(Stored entries)

//! What the relays get, what a line that fails means, and what is said of cards that are wired wrongly.

use crate::fault::Fault;
use crate::line_driver::LineDriver;
use crate::line_source::LineSource;
use crate::uses::answer;
use std::alloc::Global;
use std::io::{self, ErrorKind, Write};
use std::sync::{Arc, Mutex, Wait};
use std::test::Fail;
use sw_kinds::{Matrix, Volt};
use sw_serve::SlotCard;

/// Keeps the lines that it takes. Channel 4 is out of order: what is to be said of it can't be sent.
#[derive(Drop)]
struct Wire<W: Wait + Copy + Drop> {
    rt: W,
    taken: Arc<Mutex<Vec<u8>>, Global>,
}

impl<W: Wait + Copy + Drop> Write for Wire<W> {
    fn write(&mut self, bytes: &[u8]) -> io::Result<usize> {
        if bytes.contains(&b'4') {
            return Err(io::Error::from(ErrorKind::BrokenPipe));
        }
        self.taken.lock(&self.rt).extend_from_slice(bytes)?;
        Ok(bytes.len())
    }

    fn flush(&mut self) -> io::Result<()> {
        Ok(())
    }
}

/// What a matrix on a wire and a meter of three readings answer.
fn answered<W: Wait + Copy + Drop>(
    rt: W,
    alloc: Global,
    taken: Arc<Mutex<Vec<u8>>, Global>,
    typed: &[u8],
) -> Result<Vec<u8>, Fault> {
    let mut cards = Vec::new(alloc);
    let wire = Wire { rt, taken };
    cards.push(SlotCard::relays(1, Matrix::new(1, 16, LineDriver::new(1, wire))))?;
    let lines = b"7\nover\n-2000000000\n".as_slice();
    cards.push(SlotCard::meter(4, Volt::new(4, LineSource::new(alloc, lines))))?;
    let mut reader = typed;
    let mut told = Vec::new(alloc);
    answer(alloc, &mut reader, &mut told, cards)?;
    Ok(told)
}

/// Whether these lines are answered so, and the relays got that.
fn talks<W: Wait + Copy + Drop>(
    rt: W,
    alloc: Global,
    typed: &[u8],
    told: &[u8],
    sent: &[u8],
) -> Option<bool> {
    let taken = Arc::new(alloc, Mutex::new(Vec::new(alloc))).ok()?;
    let theirs = Arc::try_clone(&taken).ok()?;
    let answers = answered(rt, alloc, theirs, typed).ok()?;
    let is_sent = taken.lock(&rt).as_slice() == sent;
    Some(answers.as_slice() == told && is_sent)
}

#[test]
fn relays_obey_lines(rt: HostRuntime) -> Result<(), Fail> {
    let talked = talks(
        rt,
        rt.alloc(),
        b"ROUT:CLOS (@1!3,1!12);OPEN (@1!3)\nROUT:CLOS:STAT?\n",
        b"(@1!12)\n",
        b"1 off\n1 close 3\n1 close 12\n1 open 3\n1 off\n",
    );
    assert!(rt; talked == Some(true));
    Ok(())
}

#[test]
fn readings_come_by_lines(rt: HostRuntime) -> Result<(), Fail> {
    let talked = talks(
        rt,
        rt.alloc(),
        b"ROUT:SCAN (@1!1);:TRIG:COUN 3;:INIT;*OPC?;:FETC?\nINIT;*OPC?;:SYST:ERR?\n",
        b"1;0.000000007,9.9E+37,-2.000000000\n1;-240,\"Hardware error\"\n",
        b"1 off\n1 close 1\n1 open 1\n1 close 1\n1 open 1\n1 close 1\n1 open 1\n1 close 1\n1 off\n1 off\n",
    );
    assert!(rt; talked == Some(true));
    Ok(())
}

#[test]
fn a_line_that_fails_opens_everything(rt: HostRuntime) -> Result<(), Fail> {
    let talked = talks(
        rt,
        rt.alloc(),
        b"ROUT:CLOS (@1!3);CLOS (@1!4)\nSYST:ERR?\nROUT:CLOS:STAT?\n",
        b"-240,\"Hardware error\"\n(@)\n",
        b"1 off\n1 close 3\n1 close 1 off\n1 off\n",
    );
    assert!(rt; talked == Some(true));
    Ok(())
}

/// Whether a matrix for each of these slots is refused, with this line.
fn is_refused<W: Wait + Copy + Drop>(
    rt: W,
    alloc: Global,
    first: u8,
    second: u8,
    line: &str,
) -> Option<bool> {
    let taken = Arc::new(alloc, Mutex::new(Vec::new(alloc))).ok()?;
    let theirs = Arc::try_clone(&taken).ok()?;
    let one = LineDriver::new(1, Wire { rt, taken });
    let other = LineDriver::new(2, Wire { rt, taken: theirs });
    let mut cards = Vec::new(alloc);
    cards
        .push(SlotCard::relays(first, Matrix::new(1, 16, one)))
        .ok()?;
    cards
        .push(SlotCard::relays(second, Matrix::new(2, 16, other)))
        .ok()?;
    let lines = b"".as_slice();
    cards
        .push(SlotCard::meter(4, Volt::new(4, LineSource::new(alloc, lines))))
        .ok()?;
    let mut reader = b"*IDN?\n".as_slice();
    let mut told = Vec::new(alloc);
    let fault = answer(alloc, &mut reader, &mut told, cards).err()?;
    let text = format!(in alloc; "{fault}").ok()?;
    Some(text.as_str() == line && told.is_empty() && reader.len() == 6)
}

#[test]
fn a_card_that_is_refused_is_named(rt: HostRuntime) -> Result<(), Fail> {
    let alloc = rt.alloc();
    let is_there = "slot 2: a card is there already";
    assert!(rt; is_refused(rt, alloc, 2, 2, is_there) == Some(true));
    let is_outside = "slot 17: no such slot";
    assert!(rt; is_refused(rt, alloc, 1, 17, is_outside) == Some(true));
    Ok(())
}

— Task goal —
Based on the records above, how many lines hold the string "these"? Answer with the number by itself.

— Expected answer —
2